Contrary to what may seem, a full cooperator society is not ideal situation because it is prone to sudden collapse to full defector state. The negative memory of defection which previously had caused players to shift their strategy to cooperation and bring about such a thriving cooperating state would not be lasting. A full cooperator society will collapse as soon as players forget the negative memory of defection. While the absence of defectors in society can cause forgetting the negative consequence of defection, presence of a few numbers of them may lead to defectors colony formations which constantly remind players how defection can be harmful and prevent cooperation in society from collapsing.

The disfavor conditions of fully defector society which is formed after such a thriving cooperation period are not immediately and easily reversible. Despite the positive memory of cooperation that players have from previous fully cooperating state, the deceptive favorable memory of defection which was formed during the transition period prevents such a return to cooperation. Over time, albeit the negative memory of defection in fully defector society replaces the positive memory of defection which has formed in the transition period, simultaneously the positive memory of cooperation which has formed in its thriving period is also forgotten. In such a situation, although the players are not satisfied with the condition, unlike in the full cooperator case, society does not move quickly and easily towards cooperation. It is because of the fact that in the absence of favorable memory of cooperation, none of the players have any incentives for changing strategy from defection to cooperation. In this case, the formation of a small colony of cooperators as a result of irrational decision-making can trigger a very fast and sudden movement of society toward cooperation. Unfortunately, such an event will take a long time to happen and it causes the society to stuck in unfavorable full defector state for longer periods of time in comparison to time periods that are spent in full cooperator state.

4 Conclusion

In summary, we have studied evolution of cooperation under donation game in a society that players update their strategy based on a modified version of logit update rule in a way that they use wider source of information in their decision-making process. The information comes from monitoring himself and other players’ activity in current and previous time steps. In our simulation, value of information gathering area and the players’ memory power are scaled, respectively, by two parameters of vision range and damping coefficient. The simulation of the present study shows that, as expected, using both extra source of information increases cooperation level in society through providing more realistic estimation of strategies profitability for players. However, gathering information from extra large area and extra long period of time bring about an appreciable similarity between different player’s estimation of strategies profitability. Such similarity causes synchronization between players’ decision-making behavior which leads to large fluctuations in cooperators level and consequently society get stuck in full or nearly full defector state.

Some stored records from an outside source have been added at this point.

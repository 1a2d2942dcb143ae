//! Images of stores as bytes.

ghost use Rattle.std.specs.Prelude.{◌≡◌, ℕ, List, OnOk, IfOk};
ghost use Rattle.std.specs.Borrow.{Bor};
ghost use Rattle.std.specs.List.{AllByRecursion};
ghost use Rattle.saved_bytes.specs.Forms.{Appends, items_form, unread, written};
ghost use Rattle.saved_bytes.specs.Images.{cell_form, front_form, image_form, location_in, named_slots_form, saved_cell_form, slot_form};
ghost use Rattle.saved_bytes.specs.Images.{AreNamed, IsCellRestored};
ghost use Rattle.saved_bytes.specs.Images.{IsCellNamed, IsImageAgain, IsImageNamed, IsSlotAgain, IsSlotNamed};
ghost use Rattle.saved_bytes.specs.FileNames.{IsFound, IsFileKnown, texts};
ghost use Rattle.saved_bytes.specs.Reading.{ArePairwise, ItemsReadAs, ReadsAgain, ReadsAs};

use crate::decode::{DecodeError, Decoder, Fault};
use crate::encode::Encoder;
use crate::file_names::{
    SavedLocation, add_name, decode_file_names, encode_file_names, encode_location, restored,
};
use crate::saved::Saved;
use generational_core::Location;
use std::alloc::{AllocError, Global};
use store_images::{CellImage, Image, SlotImage};

// How many bytes a slot takes at least: its generation, and which cell it has.
const LEAST: usize = 9;

// The location where the cell was made.
fn location_in<T>(cell: &CellImage<T>) -> Option<Location>
    ensures { result ≡ location_in cell.now }
{
    match cell {
        CellImage::Empty => None,
        CellImage::Value(_, location) => Some(*location),
        CellImage::Shared(_, location) => Some(*location),
        CellImage::Reference(_, _, location) => Some(*location),
    }
}

// Adds the name of the cell's file.
fn add_name_of<T>(names: &mut Vec<&'static str>, cell: &CellImage<T>) -> Result<(), AllocError>
    ensures there { OnOk result (IsCellNamed (texts names.new.items) cell.now) }
    ensures kept { (text : List ℕ) → IsFileKnown (texts names.old.items) text → IsFileKnown (texts names.new.items) text }
{
    match location_in(cell) {
        None => Ok(()),
        Some(location) => add_name(names, location.file()),
    }
}

/// The names of the files in which these slots' cells were made, each once.
pub fn names_in<T>(alloc: Global, slots: &[SlotImage<T>]) -> Result<Vec<&'static str>, AllocError>
    ensures { IfOk result (λ names. AllByRecursion (IsSlotNamed (texts names.items)) slots.now) }
{
    let mut names = Vec::new(alloc);
    for slot in slots {
        add_name_of(&mut names, &slot.cell)?;
    }
    Ok(names)
}

// Appends a slot's cell.
fn encode_cell<T: Saved>(
    cell: &CellImage<T>,
    names: &[&'static str],
    out: &mut Encoder,
) -> Result<(), AllocError>
    ensures { OnOk result (Appends (cell_form (texts names.now) T.form cell.now) (written out.old) (written out.new)) }
{
    match cell {
        CellImage::Empty => out.put_u8(0),
        CellImage::Value(value, location) => {
            out.put_u8(1)?;
            encode_location(*location, names, out)?;
            value.encode(out)
        }
        CellImage::Shared(value, location) => {
            out.put_u8(2)?;
            encode_location(*location, names, out)?;
            value.encode(out)
        }
        CellImage::Reference(slot, generation, location) => {
            out.put_u8(3)?;
            out.put_u64(*slot as u64)?;
            out.put_u64(*generation)?;
            encode_location(*location, names, out)
        }
    }
}

// Appends each slot, without their number.
fn encode_slots<T: Saved>(
    slots: &[SlotImage<T>],
    names: &[&'static str],
    out: &mut Encoder,
) -> Result<(), AllocError>
    ensures { OnOk result (Appends (items_form (slot_form (texts names.now) T.form) slots.now) (written out.old) (written out.new)) }
{
    for slot in slots {
        out.put_u64(slot.generation)?;
        encode_cell(&slot.cell, names, out)?;
    }
    Ok(())
}

/// Appends an image's numbers, and how many slots it has.
pub fn encode_front<T>(image: &Image<T>, out: &mut Encoder) -> Result<(), AllocError>
    ensures { OnOk result (Appends (front_form image.now) (written out.old) (written out.new)) }
{
    let numbers = (image.number, (image.start, (image.next, image.peak)));
    let slots = image.slots.as_slice();
    numbers.encode(out)?;
    out.put_u64(slots.len() as u64)
}

/// Appends the names of the files in which these slots' cells were made, and the slots.
pub fn encode_named_slots<T: Saved>(
    alloc: Global,
    slots: &[SlotImage<T>],
    out: &mut Encoder,
) -> Result<(), AllocError>
    ensures { OnOk result ((names : List (List ℕ)) × AllByRecursion (IsSlotNamed names) slots.now
        × Appends (named_slots_form names T.form slots.now) (written out.old) (written out.new)) }
{
    let names = names_in(alloc, slots)?;
    encode_file_names(names.as_slice(), out)?;
    encode_slots(slots, names.as_slice(), out)
}

// A cell in the form of a file: each location with the index of its file's name.
#[derive(Drop)]
enum SavedCell<T> {
    Empty,
    Value((SavedLocation, T)),
    Shared((SavedLocation, T)),
    Reference((usize, (u64, SavedLocation))),
}

// Reads a cell.
fn decode_cell<T: Saved>(input: &mut Decoder) -> Result<SavedCell<T>, DecodeError>
    ensures { ReadsAgain (saved_cell_form T.form) (unread input.old) result (unread input.new) }
{
    let fault = input.fault(Fault::Variant);
    match input.take_u8()? {
        0 => Ok(SavedCell::Empty),
        1 => {
            let value = <(SavedLocation, T)>::decode(input)?;
            Ok(SavedCell::Value(value))
        }
        2 => {
            let value = <(SavedLocation, T)>::decode(input)?;
            Ok(SavedCell::Shared(value))
        }
        3 => {
            let reference = <(usize, (u64, SavedLocation))>::decode(input)?;
            Ok(SavedCell::Reference(reference))
        }
        _ => Err(fault),
    }
}

// The cell with its location. None if the table of files is too short.
fn restored_cell<T: Drop>(
    cell: SavedCell<T>,
    found_files: &[Option<&'static str>],
    here: Location,
) -> Option<CellImage<T>>
    ensures { IsCellRestored found_files.now here cell result }
{
    match cell {
        SavedCell::Empty => Some(CellImage::Empty),
        SavedCell::Value((saved, value)) => {
            let location = restored(saved, found_files, here)?;
            Some(CellImage::Value(value, location))
        }
        SavedCell::Shared((saved, value)) => {
            let location = restored(saved, found_files, here)?;
            Some(CellImage::Shared(value, location))
        }
        SavedCell::Reference((slot, (generation, saved))) => {
            let location = restored(saved, found_files, here)?;
            Some(CellImage::Reference(slot, generation, location))
        }
    }
}

// Reads a slot.
fn decode_slot<T: Saved>(
    input: &mut Decoder,
    found_files: &[Option<&'static str>],
    here: Location,
) -> Result<SlotImage<T>, DecodeError>
    ensures { (files : List (Bor (List ℕ))) (names : List (List ℕ)) → ArePairwise (IsFound files) names found_files.now
        → ReadsAs (IsSlotNamed names) (slot_form names T.form) (IsSlotAgain files here T.form)
        (unread input.old) result (unread input.new) }
{
    let fault = input.fault(Fault::Place);
    let generation = input.take_u64()?;
    let saved = decode_cell(input)?;
    match restored_cell(saved, found_files, here) {
        Some(cell) => Ok(SlotImage { generation, cell }),
        None => Err(fault),
    }
}

// Reads this number of slots.
fn decode_slots<T: Saved>(
    input: &mut Decoder,
    count: u64,
    found_files: &[Option<&'static str>],
    here: Location,
) -> Result<Vec<SlotImage<T>>, DecodeError>
    ensures { (files : List (Bor (List ℕ))) (names : List (List ℕ)) → ArePairwise (IsFound files) names found_files.now
        → ItemsReadAs (IsSlotNamed names) (slot_form names T.form) (IsSlotAgain files here T.form) (λ v. v.items) count
        (unread input.old) result (unread input.new) }
{
    // A slot takes nine bytes at least, so a wrong count asks for no more room than the bytes could need.
    let room = (count as usize).min(input.rest().len() / LEAST);
    let mut slots = Vec::with_capacity(input.alloc(), room)?;
    for _ in 0..count {
        let slot = decode_slot(input, found_files, here)?;
        slots.push(slot)?;
    }
    Ok(slots)
}

/// Reads an image. A location whose file isn't among these becomes `here`.
pub fn decode_image<T: Saved>(
    input: &mut Decoder,
    files: &[&'static str],
    here: Location,
) -> Result<Image<T>, DecodeError>
    ensures { (names : List (List ℕ)) → ReadsAs (IsImageNamed names) (image_form names T.form) (IsImageAgain files.now here T.form)
        (unread input.old) result (unread input.new) }
{
    let found_files = decode_file_names(input, files)?;
    let numbers = <(u64, (u64, (u64, usize)))>::decode(input)?;
    let count = input.take_u64()?;
    let slots = decode_slots(input, count, found_files.as_slice(), here)?;
    let (number, (start, (next, peak))) = numbers;
    Ok(Image {
        number,
        start,
        next,
        peak,
        slots,
    })
}

/// Reads names of files, and this number of slots. A location whose file isn't among these becomes
/// `here`.
pub fn decode_named_slots<T: Saved>(
    input: &mut Decoder,
    count: u64,
    files: &[&'static str],
    here: Location,
) -> Result<Vec<SlotImage<T>>, DecodeError>
    ensures { (names : List (List ℕ)) → ReadsAs (AreNamed names count) (named_slots_form names T.form)
        (λ xs v. ArePairwise (IsSlotAgain files.now here T.form) xs v.items) (unread input.old) result (unread input.new) }
{
    let found_files = decode_file_names(input, files)?;
    decode_slots(input, count, found_files.as_slice(), here)
}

As a result, in most cases, increasing vision range and decreasing damping coefficient do not increase cooperation level monotonously. Instead, there are optimized values of these two parameters which maximize the cooperation level and those values are interdependent in a way that optimized value of damping coefficient increases by increasing vision range value. From the view of non-uniform trend of the effect of increasing memory power on cooperation level, our results is different from many of previous investigations which show increasing memory power is always in the favor of cooperation.